Tuesday, October 31, 2006


Movie of the Year: Good Night and Good Luck

By now, you've heard of Good Night and Good Luck. If you haven't, go see it. Why? Because this movie distills, in poignant frames, what exactly makes America great. It does this by standing the good in stark contrast with the shadows that darken America every odd decade or so.

The shadows of fear.

Fear of Communism quieted the Americans who would otherwise balk at Senator McCarthy's overreaching, unjust and illegal Inquisition. Accusations based on hearsay. Forbidding or limiting the powers of counsel. Civil liberties decided by a closed circuit with closed evidence. Wide powers given to government. Sound familiar? Incredibly, it is a news program, acting as a pulse/idea.conduit for the nation, that finally drums up enough courage to defeat the villainy of the times.

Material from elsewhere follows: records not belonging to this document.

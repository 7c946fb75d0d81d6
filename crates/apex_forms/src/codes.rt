//! The words and bytes of single values.
ghost use Rattle.std.specs.Prelude.{◌≡◌, ◌<◌};
ghost use Rattle.apex_forms.specs.Codes.{code_of, flag_word, holding_word, instant_word};
ghost use Rattle.apex_forms.specs.Codes.{message_word, mode_word, origin_word, suspender_byte};

use apex_machine::{Holding, Suspender, Wait};
use apex_types::{Message, Mode, Origin};

/// The word of a truth.
pub(crate) fn flag_word(flag: bool) -> u64
    ensures { result ≡ flag_word flag }
{
    if flag { 1 } else { 0 }
}

/// The word of an instant in ticks, and 0 for none.
pub(crate) fn instant_word(instant: Option<u64>) -> u64
    ensures { result ≡ instant_word instant }
{
    match instant {
        Some(ticks) => ticks,
        None => 0,
    }
}

/// The word of a mode.
pub(crate) fn mode_word(mode: Mode) -> u64
    ensures { result ≡ mode_word mode }
{
    match mode {
        Mode::Idle => 0,
        Mode::ColdStart => 1,
        Mode::Normal => 2,
    }
}

/// The byte of a suspension.
pub(crate) fn suspender_byte(suspended: Option<Suspender>) -> u8
    ensures { result ≡ suspender_byte suspended }
{
    match suspended {
        None => 0,
        Some(Suspender::Itself) => 1,
        Some(Suspender::Other) => 2,
    }
}

/// The word of a message of this length, by its origin: its list, its length, and its place there.
fn origin_word(length: u8, origin: &Origin) -> u64
    ensures { result ≡ origin_word length origin.now }
{
    match origin {
        Origin::Init(place) => {
            let [low, high] = place.to_le_bytes();
            u64::from_le_bytes([1, length, low, high, 0, 0, 0, 0])
        }
        Origin::Script(process, place) => {
            let process = process.place() as u8;
            u64::from_le_bytes([2, length, *place, process, 0, 0, 0, 0])
        }
    }
}

/// The word of a message; 0 for none.
pub(crate) fn message_word(message: Option<Message>) -> u64
    ensures { result ≡ message_word message }
{
    match message {
        Some(message) => origin_word(message.length, &message.origin),
        None => 0,
    }
}

/// The word of a mutex that is owned; 0 for none.
pub(crate) fn holding_word(holding: Option<Holding>) -> u64
    ensures { result ≡ holding_word holding }
{
    match holding {
        Some(held) => {
            let mutex = held.mutex.place() as u8;
            u64::from_le_bytes([1, mutex, held.ceiling, held.depth, 0, 0, 0, 0])
        }
        None => 0,
    }
}

/// A wait by its kind, the place of its object, and the word of its delay or message.
#[derive(Clone, Copy)]
pub(crate) struct WaitCode {
    pub(crate) kind: u8,
    pub(crate) place: u8,
    pub(crate) word: u64,
}

/// A wait of this kind for the object at a place.
fn wait_for(kind: u8, place: usize) -> WaitCode
    requires { place < 256 }
    ensures { result ≡ record { kind = kind; place = place; word = 0 } }
{
    WaitCode {
        kind,
        place: place as u8,
        word: 0,
    }
}

impl WaitCode {
    /// The code of a wait, and of none.
    pub(crate) fn of(wait: &Option<Wait>) -> WaitCode
        ensures { result ≡ code_of wait.now }
    {
        match wait {
            None => wait_for(0, 0),
            Some(Wait::Normal(delay)) => WaitCode {
                kind: 1,
                place: 0,
                word: u64::from(*delay),
            },
            Some(Wait::Start) => wait_for(2, 0),
            Some(Wait::Time) => wait_for(3, 0),
            Some(Wait::Period) => wait_for(4, 0),
            Some(Wait::Semaphore(semaphore)) => wait_for(5, semaphore.place()),
            Some(Wait::Receive(buffer)) => wait_for(6, buffer.place()),
            Some(Wait::Send(buffer, message)) => WaitCode {
                kind: 7,
                place: buffer.place() as u8,
                word: message_word(Some(*message)),
            },
            Some(Wait::Blackboard(blackboard)) => wait_for(8, blackboard.place()),
            Some(Wait::EventFlag(event_flag)) => wait_for(9, event_flag.place()),
            Some(Wait::Mutex(mutex)) => wait_for(10, mutex.place()),
        }
    }
}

Which is strange because Americans nowadays are familiar with a different breed of news and tv programs. Shows filled with Dane Cook aphorisms and the Jay Leno-style transcripts of non-controversy. Because John Q. Public (and the resulting advertising dollars) don't like uncomfortable things, they don't enjoy being insulted, being told they are wrong, or being shown that not only are there awful things happening, but that they themselves allow it to happen. 'Dancing with the Stars' is much tastier fare, and easier to keep down.

"For surely we shall pay for using this most powerful instrument of communication to insulate the citizenry from the hard and demanding realities which must be faced if we are to survive. I mean the word survive literally. If there were to be a competition in indifference, or perhaps in insulation from reality, then Nero and his fiddle, Chamberlain and his umbrella, could not find a place on an early afternoon sustaining show. If Hollywood were to run out of Indians, the program schedules would be mangled beyond all recognition. Then some courageous soul with a small budget might be able to do a documentary telling what, in fact, we have done--and are still doing--to the Indians in this country. But that would be unpleasant. And we must at all costs shield the sensitive citizens from anything that is unpleasant."

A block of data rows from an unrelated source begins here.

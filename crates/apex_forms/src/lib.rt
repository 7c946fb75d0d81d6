//! The canonical form of a situation and of what a pace counts, and the words in which a search
//! stores it.
#![tactic(auto)]

mod canonical;
mod codes;
mod forms;
mod objects;
mod parts;
mod records;
mod stored;

pub use canonical::canonical_form;
pub use objects::{BLACKBOARD_WORDS, BUFFER_WORDS, EVENT_FLAG_WORDS, MUTEX_WORDS, SEMAPHORE_WORDS};
pub use records::RECORD_WORDS;
pub use stored::{CORE_WORDS, HEAD_WORDS, put_words, word_count};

"If we confuse dissent with disloyalty — if we deny the right of the individual to be wrong, unpopular, eccentric or unorthodox — if we deny the essence of racial equality then hundreds of millions in Asia and Africa who are shopping about for a new allegiance will conclude that we are concerned to defend a myth and our present privileged status. Every act that denies or limits the freedom of the individual in this country costs us the. . . confidence of men and women who aspire to that freedom and independence of which we speak and for which our ancestors fought."
– Ford Fiftieth Anniversary Show, CBS and NBC, June 1953, "Conclusion." Murrow: His Life and Times, A.M. Sperber, Freundlich Books, 1986

"We cannot defend freedom abroad by deserting it at home."

"We will not walk in fear, one of another. We will not be driven by fear into an age of unreason if we dig deep in our history and doctrine and remember that we are not descended from fearful men, not from men who feared to write, to speak, to associate and to defend causes which were for the moment unpopular. We can deny our heritage and our history, but we cannot escape responsibility for the result. There is no way for a citizen of the Republic to abdicate his responsibility."